Przyjechał więc do nas papież, który wzywa do zmian, do aktywnego uczestnictwa w budowie nowego świata, do owego tyle razy już przywoływanego „wstania z kanapy”, papież, który prawdziwe, ewangeliczne chrześcijaństwo pojedynczego człowieka i autentycznej międzyludzkiej wspólnoty przeciwstawia fałszywemu chrześcijaństwu feudalnej hierarchii i głębokiego podziału na tych, którzy noszą sutanny i całą resztę poddaną ich duchowej władzy. Mieliśmy do czynienia z człowiekiem, który swojego Boga widzi wśród słabych, prześladowanych i wykluczonych, a nie wśród tych, którzy w jakikolwiek sposób wykluczają i prześladują, choćby robili to Bogiem na ustach i krzyżem na sztandarach.
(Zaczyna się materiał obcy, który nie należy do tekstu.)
//! The header of a frame, read byte by byte. A header has one line of `Content-Length` and at most
//! one of `Content-Type`, each ended by CR LF, and then an empty line. Names are read without
//! regard to ASCII case. A line has at most 1,024 bytes before its CR LF.

ghost use Rattle.std.specs.Prelude.{◌≡◌, [], slice_get};
ghost use Rattle.std.specs.declared.option.Option.TheVariants.{Some};
ghost use Rattle.rpc_frame.specs.Framing.{IsFound};
ghost use Rattle.rpc_frame.specs.HeaderMachine.{start, at, step, step_line_start, step_prefix, step_fork};
ghost use Rattle.rpc_frame.specs.HeaderMachine.{step_name, step_spaces, step_digits, step_digit, step_value};
ghost use Rattle.rpc_frame.specs.HeaderMachine.{step_feed, field_name, value_part, said_by};
ghost use Rattle.rpc_frame.specs.HeaderMachine.{IsLive, IsCounted, HasRead, HasStopped};

/// The fields of a header.
#[derive(Clone, Copy, Debug)]
pub enum Field {
    ContentLength,
    ContentType,
}

/// Where in a header a reader stands.
#[derive(Clone, Copy, Debug)]
pub enum Part {
    /// At the start of a line.
    LineStart,
    /// After so many letters of `Content-`, with which each name begins.
    Prefix { letters: usize },
    /// After so many letters of the field's name behind `Content-`.
    Name { field: Field, letters: usize },
    /// Before the first digit of a length; the line has room for `left` more bytes.
    Spaces { left: u16 },
    /// After so many digits of a length, which say `value`.
    Digits { left: u16, count: u8, value: u64 },
    /// In the value of `Content-Type`.
    Value { left: u16 },
    /// After the CR of a field's line.
    LineFeed,
    /// After the CR of the empty line.
    LastFeed,
    /// After the header.
    Whole,
}

/// What was read of a header: which fields stood in whole lines, and where in it the reader stands.
#[derive(Clone, Copy, Debug)]
pub struct Header {
    /// The bytes of content that `Content-Length` says.
    pub length: Option<u64>,
    /// Whether `Content-Type` stood.
    pub typed: bool,
    pub part: Part,
}

/// How many bytes of a header were read, and where that leaves its reader.
#[derive(Clone, Copy, Debug)]
pub struct Progress {
    pub header: Header,
    pub read: usize,
}

/// What stands at the front of some bytes.
#[derive(Clone, Copy, Debug)]
pub enum Found {
    /// A header of so many bytes, and so many of content.
    Frame { header: usize, content: usize },
    /// Nothing, or a frame that is not whole.
    Unfinished,
    /// Bytes up to this place with which no header begins.
    Bad { place: usize },
    /// A header that says so much content, more than a frame may have.
    Long { said: u64 },
}

// The most bytes of content that a frame may have.
const MOST_CONTENT: u64 = 16_777_216;

// What a line of 1,024 bytes has room for behind `Content-Length:`.
const LENGTH_ROOM: u16 = 1009;

// The same behind `Content-Type:`.
const TYPE_ROOM: u16 = 1011;

impl Header {
    /// Before the first byte.
    pub fn new() -> Header
        ensures { result ≡ start }
    {
        Header {
            length: None,
            typed: false,
            part: Part::LineStart,
        }
    }

    /// After the next byte. `None` where no header goes on with it.
    pub fn after(self, byte: u8) -> Option<Header>
        requires { IsLive self }
        ensures { result ≡ step self byte }
    {
        match self.part {
            Part::LineStart => self.after_line_start(byte),
            Part::Prefix { letters } => self.after_prefix(letters, byte),
            Part::Name { field, letters } => self.after_name(field, letters, byte),
            Part::Spaces { left } => self.after_spaces(left, byte),
            Part::Digits { left, count, value } => self.after_digits(left, count, value, byte),
            Part::Value { left } => self.after_value(left, byte),
            Part::LineFeed => self.after_feed(Part::LineStart, byte),
            Part::LastFeed => self.after_feed(Part::Whole, byte),
            Part::Whole => None,
        }
    }

    // What a whole header says. `None` before its end.
    fn said(self) -> Option<u64>
        ensures { result ≡ said_by self }
    {
        match self.part {
            Part::Whole => self.length,
            _ => None,
        }
    }

    fn at(self, part: Part) -> Header
        ensures { result ≡ at self part }
    {
        Header {
            length: self.length,
            typed: self.typed,
            part,
        }
    }

    fn after_line_start(self, byte: u8) -> Option<Header>
        ensures { result ≡ step_line_start self byte }
    {
        if byte == b'\r' {
            return if self.length.is_some() {
                Some(self.at(Part::LastFeed))
            } else {
                None
            };
        }
        if self.length.is_some() && self.typed {
            return None;
        }
        self.after_prefix(0, byte)
    }

    fn after_prefix(self, letters: usize, byte: u8) -> Option<Header>
        ensures { result ≡ step_prefix self letters byte }
    {
        match next_letter(b"content-", letters) {
            Some(letter) if byte.to_ascii_lowercase() == letter => Some(self.at(Part::Prefix {
                letters: letters + 1,
            })),
            Some(_) => None,
            None => self.after_fork(byte),
        }
    }

    fn after_fork(self, byte: u8) -> Option<Header>
        ensures { result ≡ step_fork self byte }
    {
        match byte.to_ascii_lowercase() {
            b'l' if self.length.is_none() => Some(self.at(Part::Name {
                field: Field::ContentLength,
                letters: 1,
            })),
            b't' if !self.typed => Some(self.at(Part::Name {
                field: Field::ContentType,
                letters: 1,
            })),
            _ => None,
        }
    }

    fn after_name(self, field: Field, letters: usize, byte: u8) -> Option<Header>
        ensures { result ≡ step_name self field letters byte }
    {
        match next_letter(field.name(), letters) {
            Some(letter) if byte.to_ascii_lowercase() == letter => Some(self.at(Part::Name {
                field,
                letters: letters + 1,
            })),
            None if byte == b':' => Some(self.at(field.value_part())),
            _ => None,
        }
    }

    fn after_spaces(self, left: u16, byte: u8) -> Option<Header>
        ensures { result ≡ step_spaces self left byte }
    {
        if byte == b' ' {
            return if left >= 2 {
                Some(self.at(Part::Spaces { left: left - 1 }))
            } else {
                None
            };
        }
        self.after_digit(left, 0, 0, byte)
    }

    fn after_digits(self, left: u16, count: u8, value: u64, byte: u8) -> Option<Header>
        requires { IsCounted count value }
        ensures { result ≡ step_digits self left count value byte }
    {
        if byte == b'\r' {
            return Some(Header {
                length: Some(value),
                typed: self.typed,
                part: Part::LineFeed,
            });
        }
        self.after_digit(left, count, value, byte)
    }

    fn after_digit(self, left: u16, count: u8, value: u64, byte: u8) -> Option<Header>
        requires { IsCounted count value }
        ensures { result ≡ step_digit self left count value byte }
    {
        if !byte.is_ascii_digit() || count >= 15 || left < 1 {
            return None;
        }
        Some(self.at(Part::Digits {
            left: left - 1,
            count: count + 1,
            value: value * 10 + (byte - b'0') as u64,
        }))
    }

    fn after_value(self, left: u16, byte: u8) -> Option<Header>
        ensures { result ≡ step_value self left byte }
    {
        if byte == b'\r' {
            return Some(Header {
                length: self.length,
                typed: true,
                part: Part::LineFeed,
            });
        }
        if byte == b'\n' || left < 1 {
            return None;
        }
        Some(self.at(Part::Value { left: left - 1 }))
    }

    fn after_feed(self, part: Part, byte: u8) -> Option<Header>
        ensures { result ≡ step_feed self part byte }
    {
        if byte == b'\n' {
            Some(self.at(part))
        } else {
            None
        }
    }
}

impl Progress {
    /// Before the first byte.
    pub fn new() -> Progress
        ensures { HasRead [] result }
    {
        Progress {
            header: Header::new(),
            read: 0,
        }
    }

    /// Reads on in these bytes, up to the header's end or to a byte that no header has there. Reads
    /// none anew that was read.
    pub fn read_on(self, bytes: &[u8]) -> Progress
        requires { HasRead bytes.now self }
        ensures read { HasRead bytes.now result }
        ensures stopped { HasStopped bytes.now result }
    {
        let mut header = self.header;
        let mut read = self.read;
        'bytes: while read < bytes.len() {
            match header.after(bytes[read]) {
                Some(next) => header = next,
                None => return Progress { header, read },
            }
            read += 1;
        }
        Progress { header, read }
    }

    /// What stands at the front of these bytes, of which no more can be read.
    pub fn found(self, bytes: &[u8]) -> Found
        requires read { HasRead bytes.now self }
        requires stopped { HasStopped bytes.now self }
        ensures { IsFound bytes.now result }
    {
        match self.header.said() {
            Some(said) => self.behind_header(said, bytes),
            None if self.read < bytes.len() => Found::Bad { place: self.read },
            None => Found::Unfinished,
        }
    }

    // What stands at the front of these bytes, which begin with a whole header.
    fn behind_header(self, said: u64, bytes: &[u8]) -> Found
        requires read { HasRead bytes.now self }
        requires says { said_by self.header ≡ Some said }
        ensures { IsFound bytes.now result }
    {
        if said > MOST_CONTENT {
            return Found::Long { said };
        }
        if ((bytes.len() - self.read) as u64) < said {
            return Found::Unfinished;
        }
        Found::Frame {
            header: self.read,
            content: said as usize,
        }
    }
}

impl Field {
    // The name behind `Content-`, in lower case.
    fn name(self) -> &'static [u8]
        ensures { result.now ≡ field_name self }
    {
        match self {
            Field::ContentLength => b"length",
            Field::ContentType => b"type",
        }
    }

    // What comes after the name's colon.
    fn value_part(self) -> Part
        ensures { result ≡ value_part self }
    {
        match self {
            Field::ContentLength => Part::Spaces { left: LENGTH_ROOM },
            Field::ContentType => Part::Value { left: TYPE_ROOM },
        }
    }
}

// The letter of a name after so many.
fn next_letter(name: &[u8], letters: usize) -> Option<u8>
    ensures { result ≡ slice_get name.now letters }
{
    name.get(letters).copied()
}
Takie chrześcijaństwo, otwarte i podchodzące z szacunkiem do każdej ludzkiej istoty, wyzbywające się pychy, chrześcijaństwo nie bojące się przeciwstawić ksenofobii, nacjonalizmowi i religijnemu uzasadnianiu agresji, wzywające do „budowania murów, a nie mostów”, chrześcijaństwo otwarte na wszelką inność, budzi sympatię wśród wyznawców innych religii i ludzi niewierzących, i ma szansę odegrać w przyszłości znaczącą rolę w wysiłkach na rzecz bezpieczniejszego i lepszego świata.
Jest bowiem w podejściu Franciszka do misji jego własnej religii ponadwyznaniowe, ogólnoludzkie przesłanie, na które nikt nie powinien być obojętny – w szczególności ci, którzy do tej pory na katolicyzm i wszelkie przekazy płynące z tamtej strony patrzyli z nieufnością. Mieliśmy bowiem podczas ŚDM do czynienia z faktycznym wezwaniem, skierowanym do nie tylko do chrześcijan czy katolików, ale do wszystkich ludzi, których przeraża nieuchronność historycznej zmiany i jej kierunek, do wszystkich, którzy już są jej ofiarami, bądź mogą się nimi stać. Jest to wezwanie do czynnej budowy świata, który ma być alternatywą dla świata Putinów, Erdoganów, Sisich i Asadów, świata krwi i strachu. Jest to apel o stworzenie alternatywy dla świata Trumpów, Orbanów i Kaczyńskich, świata manipulacji i żądzy władzy. Wezwanie, aby ci, którzy chcą służyć dobru, powstali z kanapy, bo dawno już wstali z niej i aktywnie działają ci, którzy stoją po stronie zła, lęku i przemocy.

Papież rzucił ziarno. Jest naszym wielkim szczęściem, że stało się to w Polsce, w takiej Polsce, jaką nam buduje Dobra Zmiana. Iskierka czegoś dobrego błysnęła w szarości, lato na chwilę odzyskało blask. Pozostała nadzieja, że coś kiedyś z tego ziarna wykiełkuje, że naprzeciw gąszczu nietolerancji, ksenofobii i autorytaryzmu za jakiś czas wyrosną pierwsze roślinki otwartości, wolności i przyzwoitości, że empatia i poczucie wspólnoty odniosą zwycięstwo nad nienawiścią, lękiem i bezczelnością polityków budujących władzę na fundamencie zła, zasłanianego katolickim i narodowym sztandarem.
Niech nam z tego lata pozostanie w pamięci chyba najpiękniejszy obrazek krakowskich dni lipcowych: papież mówiący o tym, że zła nie da się zwalczyć złem, że trzeba je zwalczać dobrem, i półtora miliona słuchających go uczestników ŚDM, a wszystko i wszyscy skąpani w niesamowitym, ciepłym, złotopomarańczowym blasku zachodzącego słońca.
Niech właśnie ten moment zostanie z nami we wspomnieniach z 2016 roku. I niech nam to dobre światło świeci w ciemnych, niepewnych czasach.